Hmph. Here it is - what? Thursday already?? - and I haven't posted since Monday. Sorry about that!
It seems I pissed some people off with my fake/pseudo pregnancy post. That wasn't my intention. (Believe it or not, I do care about the women and babies that I take care of!) My whole point with the pseudo/fake pregnancy post was simply this: we have noticed a dramatic increase in women presenting to L&D and the ER who claim to be pregnant, but in fact are not pregnant. Whether the women are convinced they are pregnant, have positive tests, or are mentally imbalanced are totally another story. Each woman has a different story to tell, and have different circumstances that lead up to their presentation for care.
Our (my) concern is that in the most serious cases, women are scoping out the L&D unit, to find a baby to kidnap and pass off as their own. These are the situations that we (I) dread the most. This is why we have such strict security measures, and why we question the validity of women who present for care on L&D, but are in fact, not pregnant. We are concerned about the safety of the genuinely pregnant women, and the babies they are birthing.

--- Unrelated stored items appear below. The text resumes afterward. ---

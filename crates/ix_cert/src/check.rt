ghost use Rattle.std.specs.Prelude.{◌≡◌, ◌+◌, ◌<◌, length, All, is_some, true, None, slice_index_or};
ghost use Rattle.ix_sheet.specs.Schedules.{IsAfter};
ghost use Rattle.ix_cert.specs.Faults.{times_of, times_steps, flow_steps, cycle_steps, steps_in, steps_of, block_count, certificate_place, unnamed, blank_part};
ghost use Rattle.ix_sheet.specs.declared.problem.Bound.TheVariants.{Early};
ghost use Rattle.ix_cert.specs.Checks.{Judges, IsReady, IsReadySchedule, IsReadyCycle, IsReadyIn, lines_in};

use crate::cycle::{first_open, is_positive};
use crate::report::{CertErr, Report, ReportBlock};
use crate::steps::{first_broken, first_outside, first_passed, first_unnamed, first_unnamed_part};
use crate::sum::{first_unbalanced, is_cost, is_value};
use ix_sheet::Bound;
use std::alloc::Global;

// What is told of a bound that is none of the problem.
fn unnamed(bound: &Bound, line: u32) -> CertErr
    ensures { result ≡ unnamed bound.now line }
{
    match bound {
        Bound::Dep(..) => CertErr::Dep { line },
        Bound::Early(_) | Bound::Late(_) | Bound::Chain(_) => CertErr::Chain { line },
    }
}

// What is told of a part of the flow whose bound is none.
fn unnamed_part(b: &ReportBlock, line: u32, at: usize) -> CertErr
    requires { at < length b.now.flow }
    ensures { result ≡ unnamed (slice_index_or b.now.flow at blank_part).0 line }
{
    unnamed(&b.flow.as_slice()[at].0, line)
}

// What is told of a bound of the cycle that is none.
fn unnamed_bound(b: &ReportBlock, line: u32, at: usize) -> CertErr
    requires { at < length b.now.cycle }
    ensures { result ≡ unnamed (slice_index_or b.now.cycle at (Early 0)) line }
{
    unnamed(&b.cycle.as_slice()[at], line)
}

// The number of an operation's line.
fn op_line(b: &ReportBlock, first: u32, at: usize) -> u32
    requires at { at < length b.now.problem.ops }
    requires room { first + block_count b.now < 4294967296 }
    ensures { result ≡ first + 1 + at }
{
    first + 1 + at as u32
}

// The number of the line behind the edges.
fn certificate_line(b: &ReportBlock, first: u32) -> u32
    requires room { first + block_count b.now < 4294967296 }
    ensures { result ≡ certificate_place first b.now }
{
    first + 1 + b.problem.ops.len() as u32 + b.problem.edges.len() as u32
}

// The times of a behaviour whose first line has this number: edges, windows, chains, cost.
fn check_times(alloc: Global, b: &ReportBlock, first: u32) -> Result<(), CertErr>
    requires ready { IsReadySchedule b.now }
    requires room { first + block_count b.now < 4294967296 }
    ensures { Judges (times_steps b.now first) result }
{
    if let Some(at) = first_broken(b) {
        let line = first + 1 + b.problem.ops.len() as u32 + at as u32;
        return Err(CertErr::Dep { line });
    }
    if let Some(at) = first_outside(b) {
        let line = op_line(b, first, at);
        return Err(CertErr::Window { line });
    }
    let Ok(passed) = first_passed(alloc, b) else {
        return Err(CertErr::Memory);
    };
    if let Some(at) = passed {
        let line = op_line(b, first, at);
        return Err(CertErr::Chain { line });
    }
    if is_cost(b) {
        Ok(())
    } else {
        let line = certificate_line(b, first);
        Err(CertErr::Value { line })
    }
}

// Its flow: bounds, balances, value.
fn check_flow(alloc: Global, b: &ReportBlock, first: u32) -> Result<(), CertErr>
    requires ready { IsReadySchedule b.now }
    requires mode { is_some b.now.mode ≡ true }
    requires room { first + block_count b.now < 4294967296 }
    ensures { Judges (flow_steps b.now first) result }
{
    if let Some(at) = first_unnamed_part(b) {
        let line = certificate_line(b, first) + 1 + at as u32;
        return Err(unnamed_part(b, line, at));
    }
    let Ok(unbalanced) = first_unbalanced(alloc, b) else {
        return Err(CertErr::Memory);
    };
    if let Some(at) = unbalanced {
        let line = op_line(b, first, at);
        return Err(CertErr::Balance { line });
    }
    if is_value(b) {
        Ok(())
    } else {
        let line = certificate_line(b, first);
        Err(CertErr::Value { line })
    }
}

// The cycle of a behaviour without a schedule: bounds, ends, sum.
fn check_cycle(b: &ReportBlock, first: u32) -> Result<(), CertErr>
    requires ready { IsReadyCycle b.now }
    requires mode { b.now.mode ≡ None }
    requires room { first + block_count b.now < 4294967296 }
    ensures { Judges (cycle_steps b.now first) result }
{
    let line = certificate_line(b, first);
    if let Some(at) = first_unnamed(b) {
        let line = line + at as u32;
        return Err(unnamed_bound(b, line, at));
    }
    if let Some(at) = first_open(b) {
        let line = line + at as u32;
        return Err(CertErr::NotClosed { line });
    }
    if is_positive(b) {
        Ok(())
    } else {
        Err(CertErr::NotPositive { line })
    }
}

// One behaviour.
fn check_block(alloc: Global, b: &ReportBlock, first: u32) -> Result<(), CertErr>
    requires ready { IsReadyIn b.now b.now.mode }
    requires room { first + block_count b.now < 4294967296 }
    ensures { Judges (steps_in b.now.mode b.now first) result }
{
    match b.mode {
        None => check_cycle(b, first),
        Some(_) => {
            if let Err(error) = check_times(alloc, b, first) {
                return Err(error);
            }
            check_flow(alloc, b, first)
        }
    }
}

// How many lines a behaviour has.
fn count_lines(b: &ReportBlock) -> u32
    requires room { block_count b.now < 4294967296 }
    ensures { result ≡ block_count b.now }
{
    let certificate = match b.mode {
        None => b.cycle.len() as u32,
        Some(_) => 1 + b.flow.len() as u32,
    };
    2 + b.problem.ops.len() as u32 + b.problem.edges.len() as u32 + certificate
}

/// The behaviours of a report whose first line has this number, one after the other.
pub(crate) fn check_report(alloc: Global, report: &Report, first: u32) -> Result<(), CertErr>
    requires ready { All (λ b. IsReadyIn b b.mode) report.now.blocks }
    requires room { first + 2 + lines_in report.now.blocks < 4294967296 }
    ensures { Judges (steps_of report.now first) result }
{
    let mut line = first + 2;
    'blocks: for block in report.blocks.as_slice() {
        match check_block(alloc, block, line) {
            Ok(()) => line += count_lines(block),
            Err(error) => return Err(error),
        }
    }
    Ok(())
}
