use ix_bits::Name;
use ix_graph::Mode;
use ix_sheet::{Bound, Node};

/// An operation as its line tells it.
#[derive(Drop)]
pub struct Operation {
    /// Whether its line tells its weight, which is 1 where it does not.
    pub weighted: bool,
    pub place: u32,
    /// The printed kind.
    pub kind: Name,
    pub node: Node,
    /// The time, where the line tells one.
    pub time: Option<u8>,
}

/// What a line of a report says.
#[derive(Drop)]
pub enum Item {
    /// The version, 1 or 2.
    Title(u8),
    Period(u32),
    Behaviour(Name, Option<Mode>),
    Op(Operation),
    Edge(u32, u32),
    Cost(u64),
    /// An amount, and the bound that has it.
    Flow(u64, Bound),
    Cycle(Bound),
    End,
}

We have to assume the worst - a potential abduction - in order to keep the hospital environment secure for pregnant women and their babies.
So, if you present to L&D or the ER and state that you're pregnant, and it's found that you're not actually pregnant, we are going on high alert. If you've been seen on the hospital security cameras (99% of the time, an image is caught), your picture will be posted in L&D, postpartum, NICU, newborn nursery, the ER, and in the security office. We take that step to protect ALL women and babies!

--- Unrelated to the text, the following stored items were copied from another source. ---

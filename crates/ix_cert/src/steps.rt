ghost use Rattle.std.specs.Prelude.{◌≡◌, ◌<◌, ◌≤◌, ◌+◌, ℕ, max, map, length, All, AllPairs, IfOk, IfNone, slice_index, slice_index_or};
ghost use Rattle.ix_sheet.specs.declared.problem.Bound.TheVariants.{Early};
ghost use Rattle.ix_sheet.specs.Schedules.{IsValidProblem, IsAfter, IsInWindow, node_at};
ghost use Rattle.ix_sheet.specs.Bounds.{IsBoundOf};
ghost use Rattle.ix_cert.specs.Layout.{IsBefore, IsBoundInForm};
ghost use Rattle.ix_cert.specs.Faults.{IsBroken, IsOutside, IsPassed, NamesNone, IsUnbalanced, IsOpen, times_of, blank_part};
ghost use Rattle.ix_cert.specs.Checks.{Tells, keeps_edge, joins_edge, delay_at, AreSmall, AreReached};

use crate::bound_test::is_bound;
use crate::report::ReportBlock;
use ix_bits::Memory;
use ix_sheet::Node;
use std::alloc::Global;

// Whether the times keep the edge.
fn keeps(b: &ReportBlock, edge: (u32, u32)) -> bool
    requires from { edge.0 < length b.now.problem.ops }
    requires to { edge.1 < length b.now.problem.ops }
    requires times { length b.now.times ≡ length b.now.problem.ops }
    ensures { result ≡ keeps_edge b.now.problem (times_of b.now) edge }
{
    let times = b.times.as_slice();
    let first = times[edge.0 as usize];
    let latency = b.problem.ops.as_slice()[edge.0 as usize].latency;
    u16::from(first) + u16::from(latency) <= u16::from(times[edge.1 as usize])
}

/// The first edge that the times break.
pub(crate) fn first_broken(b: &ReportBlock) -> Option<usize>
    requires valid { IsValidProblem b.now.problem }
    requires times { length b.now.times ≡ length b.now.problem.ops }
    ensures { Tells (length b.now.problem.edges) (IsBroken b.now) result }
{
    let edges = b.problem.edges.as_slice();
    'edges: for at in 0..edges.len() {
        if !keeps(b, edges[at]) {
            return Some(at);
        }
    }
    None
}

/// The first operation outside its window.
pub(crate) fn first_outside(b: &ReportBlock) -> Option<usize>
    requires times { length b.now.times ≡ length b.now.problem.ops }
    ensures { Tells (length b.now.problem.ops) (IsOutside b.now) result }
{
    let ops = b.problem.ops.as_slice();
    let times = b.times.as_slice();
    'ops: for at in 0..ops.len() {
        if times[at] < ops[at].early || ops[at].late < times[at] {
            return Some(at);
        }
    }
    None
}

fn delays(alloc: Global, ops: &[Node]) -> Result<Vec<u64>, Memory>
    ensures are { IfOk result (λ delays. delays.items ≡ map (λ node. node.delay) ops.now) }
    ensures small { IfOk result (λ delays. (k : ℕ) → slice_index delays.items k ≤ 4294967295) }
{
    let mut delays = Vec::new(alloc);
    'ops: for node in ops {
        let Ok(()) = delays.push(u64::from(node.delay)) else {
            drop(delays);
            return Err(Memory);
        };
    }
    Ok(delays)
}

// For each operation the greatest delay along a path within one time that ends there.
fn delays_within_times(alloc: Global, b: &ReportBlock) -> Result<Vec<u64>, Memory>
    requires valid { IsValidProblem b.now.problem }
    requires times { length b.now.times ≡ length b.now.problem.ops }
    requires ordered { AllPairs IsBefore b.now.problem.edges }
    ensures { IfOk result (λ reach. AreReached b.now.problem (times_of b.now) (length b.now.problem.edges) reach.items) }
{
    let ops = b.problem.ops.as_slice();
    let Ok(reach) = delays(alloc, ops) else {
        return Err(Memory);
    };
    let mut reach = reach;
    follow_edges(b, reach.as_mut_slice());
    Ok(reach)
}

// Whether the edge is free and both ends have one time.
fn joins(b: &ReportBlock, edge: (u32, u32)) -> bool
    requires from { edge.0 < length b.now.problem.ops }
    requires to { edge.1 < length b.now.problem.ops }
    requires times { length b.now.times ≡ length b.now.problem.ops }
    ensures { result ≡ joins_edge b.now.problem (times_of b.now) edge }
{
    let times = b.times.as_slice();
    let ops = b.problem.ops.as_slice();
    ops[edge.0 as usize].latency == 0 && times[edge.0 as usize] == times[edge.1 as usize]
}

// The delay of the end of an edge: along that edge, if this is greater.
fn longer(b: &ReportBlock, edge: (u32, u32), reach: &[u64]) -> u64
    requires from { edge.0 < length b.now.problem.ops }
    requires to { edge.1 < length b.now.problem.ops }
    requires count { length reach.now ≡ length b.now.problem.ops }
    requires small { slice_index reach.now edge.0 ≤ 281474976710656 }
    ensures is { result ≡ max (slice_index reach.now edge.0 + delay_at b.now.problem edge.1) (slice_index reach.now edge.1) }
    ensures small { delay_at b.now.problem edge.1 ≤ 4294967295 }
{
    let delay = b.problem.ops.as_slice()[edge.1 as usize].delay;
    (reach[edge.0 as usize] + u64::from(delay)).max(reach[edge.1 as usize])
}

// Lengthens the paths along the edges, in their order.
fn follow_edges(b: &ReportBlock, reach: &mut [u64])
    requires valid { IsValidProblem b.now.problem }
    requires times { length b.now.times ≡ length b.now.problem.ops }
    requires ordered { AllPairs IsBefore b.now.problem.edges }
    requires begun { AreReached b.now.problem (times_of b.now) 0 reach.old }
    requires small { AreSmall reach.old }
    ensures { AreReached b.now.problem (times_of b.now) (length b.now.problem.edges) reach.new }
{
    let edges = b.problem.edges.as_slice();
    'edges: for at in 0..edges.len() {
        let edge = edges[at];
        if joins(b, edge) {
            reach[edge.1 as usize] = longer(b, edge, reach);
        }
    }
}

// The first operation whose delay passes the period.
fn first_above(period: u32, reach: &[u64]) -> Option<usize>
    ensures { Tells (length reach.now) (λ k. period < slice_index reach.now k) result }
{
    'ops: for at in 0..reach.len() {
        if u64::from(period) < reach[at] {
            return Some(at);
        }
    }
    None
}

/// The first operation at which the delays along a path within one time pass the period.
pub(crate) fn first_passed(alloc: Global, b: &ReportBlock) -> Result<Option<usize>, Memory>
    requires valid { IsValidProblem b.now.problem }
    requires times { length b.now.times ≡ length b.now.problem.ops }
    requires ordered { AllPairs IsBefore b.now.problem.edges }
    ensures { IfOk result (Tells (length b.now.problem.ops) (IsPassed b.now.problem (times_of b.now))) }
{
    let Ok(reach) = delays_within_times(alloc, b) else {
        return Err(Memory);
    };
    Ok(first_above(b.problem.period, reach.as_slice()))
}

/// The first part of the flow whose bound is none of the problem.
pub(crate) fn first_unnamed_part(b: &ReportBlock) -> Option<usize>
    requires ordered { AllPairs IsBefore b.now.problem.edges }
    requires form { All (λ part. IsBoundInForm (length b.now.problem.ops) part.0) b.now.flow }
    ensures first { Tells (length b.now.flow) (λ k. NamesNone b.now.problem (slice_index_or b.now.flow k blank_part).0) result }
    ensures named { IfNone result (All (λ part. IsBoundOf b.now.problem part.0) b.now.flow) }
{
    let flow = b.flow.as_slice();
    'parts: for at in 0..flow.len() {
        if !is_bound(&b.problem, &flow[at].0) {
            return Some(at);
        }
    }
    None
}

/// The first bound of the cycle that is none of the problem.
pub(crate) fn first_unnamed(b: &ReportBlock) -> Option<usize>
    requires ordered { AllPairs IsBefore b.now.problem.edges }
    requires form { All (IsBoundInForm (length b.now.problem.ops)) b.now.cycle }
    ensures first { Tells (length b.now.cycle) (λ k. NamesNone b.now.problem (slice_index_or b.now.cycle k (Early 0))) result }
    ensures named { IfNone result (All (IsBoundOf b.now.problem) b.now.cycle) }
{
    let cycle = b.cycle.as_slice();
    'bounds: for at in 0..cycle.len() {
        if !is_bound(&b.problem, &cycle[at]) {
            return Some(at);
        }
    }
    None
}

If you genuinely thought you were pregnant, had a positive test, and are now showing no diagnostic evidence of pregnancy, then perhaps you had a chemical pregnancy, or were recently pregnant and miscarried without your knowledge. I empathize with your loss, and I apologize if we come across to you as questioning whether you were in fact pregnant. See above security reasons why we question the validity of your pregnancy status.
And, to anonymous - do you really think that we (I) hate "poor/low income" people, and treat them different than private paying insured persons? While some nurses/docs might treat a poor/low income person different, I would like to think that I don't. Anonymous -- I've been there, in the poor/low income person's shoes -- for several years I might add! I worked hard to get out the hole I was stuck in. I definitely empathize with those on public assistance, because I recall the humility I felt when I was sitting there in the public welfare office to apply for assistance. I remember having to be seen in a clinic for prenatal care, and feeling like I was looked down as a 2nd class citizen. I remember not being believed when I was asked at every prenatal appointment if I smoked, drank or did drugs. (I didn't, and still don't.)
But I also remember the kind nurses in the L&D unit who did my biweekly NST's for high blood pressure issues. I still recall that nurse who did the majority of my NST's, referring to my unborn baby as Snickerdoodle. I still remember that, and get a kick out of it! I remember the wonderful L&D nurse at the delivery of my child (who is now a teenager). She had the most relaxing, soothing voice, and was my light at the end of the labor tunnel.
So, please don't try and lump all healthcare providers as uncaring, or hateful of the people we care for.
Also, let me reinforce this: I change information in my posts, either combining different patients into one situation presented, or changing information around, so I am not posting about someone or a situation that could be recognized. I make up or change names, age/parity, gender of the babies, gestational age, and other identifying information. I might make a post that is a generalization of a situation I see frequently. Anything to protect the privacy of those that I care for on L&D. But at the same time, I do give my opinion or rant about certain things that drive me up the wall at that moment in time. Sometimes I might come across as negative, but realize that this is my outlet to vent my frustrations. Deep down inside, I love being a L&D nurse!